In October 2019, Little Seal produced my set of six monologues, Sons and Mothers, at the Warehouse, which also marked my Brussels acting debut. This was an altogether more demanding experience, but also an insightful one. It was not just the challenge of learning the lines and re-learning how to be directed (expertly and sensitively by Barry O’Halpin). The pieces were, by their nature, harrowing and emotionally draining and, in the nature of all monologues, the exposure was total, with no prompts possible.
But through its architecture the good old Warehouse Theatre added two additional challenging dimensions. The first is the proximity of the audience – which is a particular thrill for the people sitting in the first row, but a potential distraction for the actor (it certainly was for this one). The second is the small room offstage where, for smaller productions, the cast assembles and waits. For three nights, as the lights went down, the whole cast (minus whichever one of us was on stage) sat in total silence, separated from the audience only by a curtain. I’m almost certain that never again will I sit silently for three nights in the green room at the Warehouse Theatre with seven other people. We were all so very close and it was all so intimate and almost mystical in its intensity.

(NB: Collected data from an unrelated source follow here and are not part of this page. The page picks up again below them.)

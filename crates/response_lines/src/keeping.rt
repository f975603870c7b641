//! Which threads deal with their interrupts as soon as their text asks.

ghost use Rattle.std.specs.Prelude.{◌≡◌, All, IfOk, IfSome, map};
ghost use Rattle.response_lines.specs.AskedLines.{IsKept, IsKeptBy, IsKeptByAll, is_soon};
ghost use Rattle.responses.specs.Found.{rate_of};
ghost use Rattle.responses.specs.Numbers.{is_among};

use crate::asked::{LINES, asked_in};
use crate::faults::NotTold;
use crate::lines::Scene;
use crate::telling::{costs_for, responses_at};
use crate::wanted::{Wanted, broken_lines, kept_lines, wanted_of};
use responses::{Bound, Rate, Response, Responses, Row};
use source_texts::{SourceText, read, with_budgets};
use std::alloc::{AllocError, Global};

/// A line that a thread deals with: each interrupt of it, within so many instructions of the threads of its priority and above, once these have
/// rested; and within how many it is to.
#[derive(Clone, Copy, Debug, PartialEq, Eq)]
pub struct KeptWithin {
    pub priority: u32,
    pub line: u32,
    pub steps: u64,
    pub most: u64,
}

/// What is kept of what a text asks.
#[derive(Drop)]
pub struct Kept {
    /// The rates for which that is so.
    pub rates: Vec<Rate>,
    pub lines: Vec<KeptWithin>,
    /// What is said of them.
    pub said: String,
}

/// Whether a line is one that is dealt with.
fn deals_with(bound: &Bound, line: u32) -> bool
    ensures { result ≡ is_among bound.now.tended.items line }
{
    bound.tended.iter().any(|tended| *tended == line)
}

/// Whether a level with this bound deals with a line within so many instructions.
fn is_soon(bound: &Bound, line: u32, most: u64) -> bool
    ensures { result ≡ is_soon bound.now line most }
{
    line < LINES && bound.later <= most && deals_with(bound, line)
}

/// The line, if a level deals with it within so many instructions.
fn kept_at(row: &Row, line: u32, most: u64) -> Option<KeptWithin>
    ensures { IfSome result (IsKeptBy row.now) }
{
    match &row.response {
        Response::Bound(bound) => {
            if is_soon(bound, line, most) {
                return Some(KeptWithin {
                    priority: row.priority,
                    line,
                    steps: bound.later,
                    most,
                });
            }
            None
        }
        Response::NoBound(_) | Response::TooMuch => None,
    }
}

/// The line, if the level of this priority deals with it so.
fn kept_among(rows: &[Row], priority: u32, line: u32, most: u64) -> Option<KeptWithin>
    ensures { IfSome result (IsKeptByAll rows.now) }
{
    for row in rows {
        if row.priority == priority {
            return kept_at(row, line, most);
        }
    }
    None
}

/// The line of a thread, if its level deals with it as soon as it is to.
fn kept_for(rows: &[Row], wanted: &Wanted<'_>) -> Option<KeptWithin>
    ensures { IfSome result (IsKeptByAll rows.now) }
{
    match wanted.line {
        Some(line) => kept_among(rows, wanted.priority, line, wanted.within.most),
        None => None,
    }
}

/// Those lines that are dealt with as soon as they are to.
fn kept_of(
    alloc: Global,
    rows: &[Row],
    wanted: &[Wanted<'_>],
) -> Result<Vec<KeptWithin>, AllocError>
    ensures { IfOk result (λ kept. All (IsKeptByAll rows.now) kept.items) }
{
    let mut kept = Vec::new(alloc);
    for one in wanted {
        let Some(found) = kept_for(rows, one) else {
            continue;
        };
        kept.push(found)?;
    }
    Ok(kept)
}

/// A text asks nothing that does not hold.
///
/// # Errors
///
/// It does, with the lines that say what; or memory is refused.
fn check_all(
    alloc: Global,
    scene: &Scene<'_, '_>,
    image: &[u8],
    responses: &Responses,
    wanted: &[Wanted<'_>],
    kept: &[KeptWithin],
) -> Result<(), NotTold> {
    let costs = costs_for(alloc, image, responses)?;
    let said = broken_lines(alloc, scene, responses, costs.as_ref(), wanted, kept)?;
    if said.is_empty() {
        Ok(())
    } else {
        Err(NotTold::Broken(said))
    }
}

/// The lines that are to be dealt with at these rates, if all of them are as soon as they are to.
fn checked(
    alloc: Global,
    scene: &Scene<'_, '_>,
    image: &[u8],
    wanted: &[Wanted<'_>],
) -> Result<Vec<KeptWithin>, NotTold>
    ensures { IfOk result (λ kept. All (IsKept image.now (map rate_of scene.now.rates.now)) kept.items) }
{
    let responses = responses_at(alloc, image, scene.rates)?;
    let rows = responses.rows.as_slice();
    let kept = kept_of(alloc, rows, wanted)?;
    check_all(alloc, scene, image, &responses, wanted, kept.as_slice())?;
    Ok(kept)
}

/// What is kept of what a text asks that is read.
fn kept_in<'s>(
    alloc: Global,
    file: &'s str,
    text: &'s SourceText<'_>,
    content: &'s str,
    image: &[u8],
) -> Result<Kept, NotTold>
    ensures { IfOk result (λ kept. All (IsKept image.now (map rate_of kept.rates.items)) kept.lines.items) }
{
    let asked = asked_in(alloc, content)?;
    let wanted = wanted_of(alloc, text, asked.within.as_slice())?;
    let rates = asked.rates.as_slice();
    let scene = Scene {
        alloc,
        file,
        text,
        content,
        rates,
    };
    let lines = checked(alloc, &scene, image, wanted.as_slice())?;
    let said = kept_lines(alloc, text, wanted.as_slice(), lines.as_slice())?;
    Ok(Kept {
        rates: asked.rates,
        lines,
        said,
    })
}

/// What is kept of what a text asks by its lines `#within N`, whose image this is, if all of it is, at the rates of its lines `#rate`. The file is that
/// by which its lines are reported.
///
/// # Errors
///
/// A thread does not deal with an interrupt as soon as it is to, with the lines that say so; the text is of another form; the image is refused; or
/// memory is.
pub fn keep(alloc: Global, file: &str, image: &[u8], content: &str) -> Result<Kept, NotTold>
    // Each line that is answered is dealt with so.
    ensures kept { IfOk result (λ kept. All (IsKept image.now (map rate_of kept.rates.items)) kept.lines.items) }
{
    let whole = with_budgets(alloc, content)?;
    let text = read(alloc, whole.text.as_str())?;
    kept_in(alloc, file, &text, content, image)
}
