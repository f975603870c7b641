//! Settled threads of a level: each takes from one object alone, and whomever it sends to or calls is settled before it. Where nothing of the level is
//! ready each waits at its input, and not in a call or a send: nobody is stuck. There is no code here: each law is the contract of a function that
//! does nothing.
#![tactic(auto)]

ghost use Rattle.settled_threads.specs.Laws.{CallersAreOwed, SettledLeftAtRest, SettledLevelsRestLater};
ghost use Rattle.settled_threads.specs.Laws.{SettledLevelsRestWithin, SettledLinesAreDealtWith, SettledLinesAreDealtWithLater};
ghost use Rattle.settled_threads.specs.Laws.{SettledThreadsDeal, SettledThreadsOweNothing, SettledThreadsRest};
ghost use Rattle.settled_threads.specs.Laws.{AloneResponsesDeal, RestedAloneResponsesDeal, RestedSettledResponsesDeal};
ghost use Rattle.settled_threads.specs.Laws.{RestedSettledResponsesHold, SettledResponsesDeal, SettledResponsesHold, TestedThreadsRest};

use headline::authority::{
    a_tick_stays_within_authority, an_interrupt_stays_within_authority,
    events_stay_within_authority,
};
use headline::invocations::{events_go_well, steps_go_well};
use headline::kept::threads_have_their_own_blocks;
use headline::measure_facts::measures_of_points_name_registers;
use headline::parts::threads_are_told_apart;
use headline::starts::threads_are_as_listed;
use headline::steps::{
    an_instruction_takes_an_edge, decoded_fields_lie_in_their_ranges, mapped_accesses_do_not_fault,
};
use response::{
    acknowledged_lines_rest, bindings_stay, laws_on_invocations, levels_come_to_rest,
    levels_rest_owing, threads_wait_where_they_asked, waiters_take,
};

/// Whoever called with a badge that the endpoint answers, and waits for the answer, is owed it.
pub fn callers_are_owed()
    ensures { CallersAreOwed }
{
    laws_on_invocations();
    steps_go_well();
    events_go_well();
    events_stay_within_authority();
    a_tick_stays_within_authority();
    an_interrupt_stays_within_authority();
    threads_are_told_apart();
    threads_are_as_listed();
    measures_of_points_name_registers();
    threads_wait_where_they_asked();
    an_instruction_takes_an_edge();
    mapped_accesses_do_not_fault();
    decoded_fields_lie_in_their_ranges();
}

/// Where nothing of a level is ready, each settled thread of it waits at its input, and not in a call or a send.
pub fn settled_threads_rest()
    ensures { SettledThreadsRest }
{
    laws_on_invocations();
    events_go_well();
    threads_wait_where_they_asked();
    callers_are_owed();
}

/// Such a thread owes nothing then.
pub fn settled_threads_owe_nothing()
    ensures { SettledThreadsOweNothing }
{
    settled_threads_rest();
}

/// And the line that it tends is dealt with.
pub fn settled_threads_deal()
    ensures { SettledThreadsDeal }
{
    laws_on_invocations();
    steps_go_well();
    events_go_well();
    events_stay_within_authority();
    a_tick_stays_within_authority();
    an_interrupt_stays_within_authority();
    threads_are_told_apart();
    measures_of_points_name_registers();
    waiters_take();
    bindings_stay();
    settled_threads_rest();
}

/// So at rest no word is left at their inputs, nobody waits to send there, nothing is pending on lines that they tend, and only the other threads count.
pub fn settled_levels_leave_others()
    ensures { SettledLeftAtRest }
{
    laws_on_invocations();
    events_go_well();
    threads_wait_where_they_asked();
    settled_threads_rest();
    settled_threads_owe_nothing();
    settled_threads_deal();
}

/// The bound for levels with settled threads.
pub fn settled_levels_rest_within()
    ensures start { SettledLevelsRestWithin }
    ensures later { SettledLevelsRestLater }
{
    levels_rest_owing();
    settled_levels_leave_others();
}

/// Each line that a settled thread tends is dealt with within the bound of its level.
pub fn settled_lines_are_dealt_with()
    ensures start { SettledLinesAreDealtWith }
    ensures later { SettledLinesAreDealtWithLater }
{
    levels_come_to_rest();
    settled_threads_deal();
    settled_levels_rest_within();
}

/// A response that passes the test with settled threads holds: no more steps on end are of the level than it says, each line that it opens is dealt
/// with within as many, and so is each that a thread acknowledges which waits for no message; and its settled threads wait at their inputs wherever
/// the level rests.
pub fn tested_settled_responses_hold()
    ensures steps { SettledResponsesHold }
    ensures rested_steps { RestedSettledResponsesHold }
    ensures lines { SettledResponsesDeal }
    ensures rested_lines { RestedSettledResponsesDeal }
    ensures alone { AloneResponsesDeal }
    ensures rested_alone { RestedAloneResponsesDeal }
    ensures inputs { TestedThreadsRest }
{
    threads_have_their_own_blocks();
    levels_come_to_rest();
    acknowledged_lines_rest();
    settled_threads_rest();
    settled_levels_rest_within();
    settled_lines_are_dealt_with();
}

I have immense affection and admiration for everybody involved in my own productions. What a pleasure and a privilege to see gifted people turning my mere words into collaborative art! Of course, I have seen and enjoyed many other productions at the Warehouse over the years. Now, though, I feel I know the place intimately and whenever I go there it feels like I’m visiting an old friend.
Without the Warehouse Theatre the cultural scene in Brussels would be so much the poorer. Having myself derived so much pleasure from it over the years, it was the least I could do to make a donation. Long may it flourish!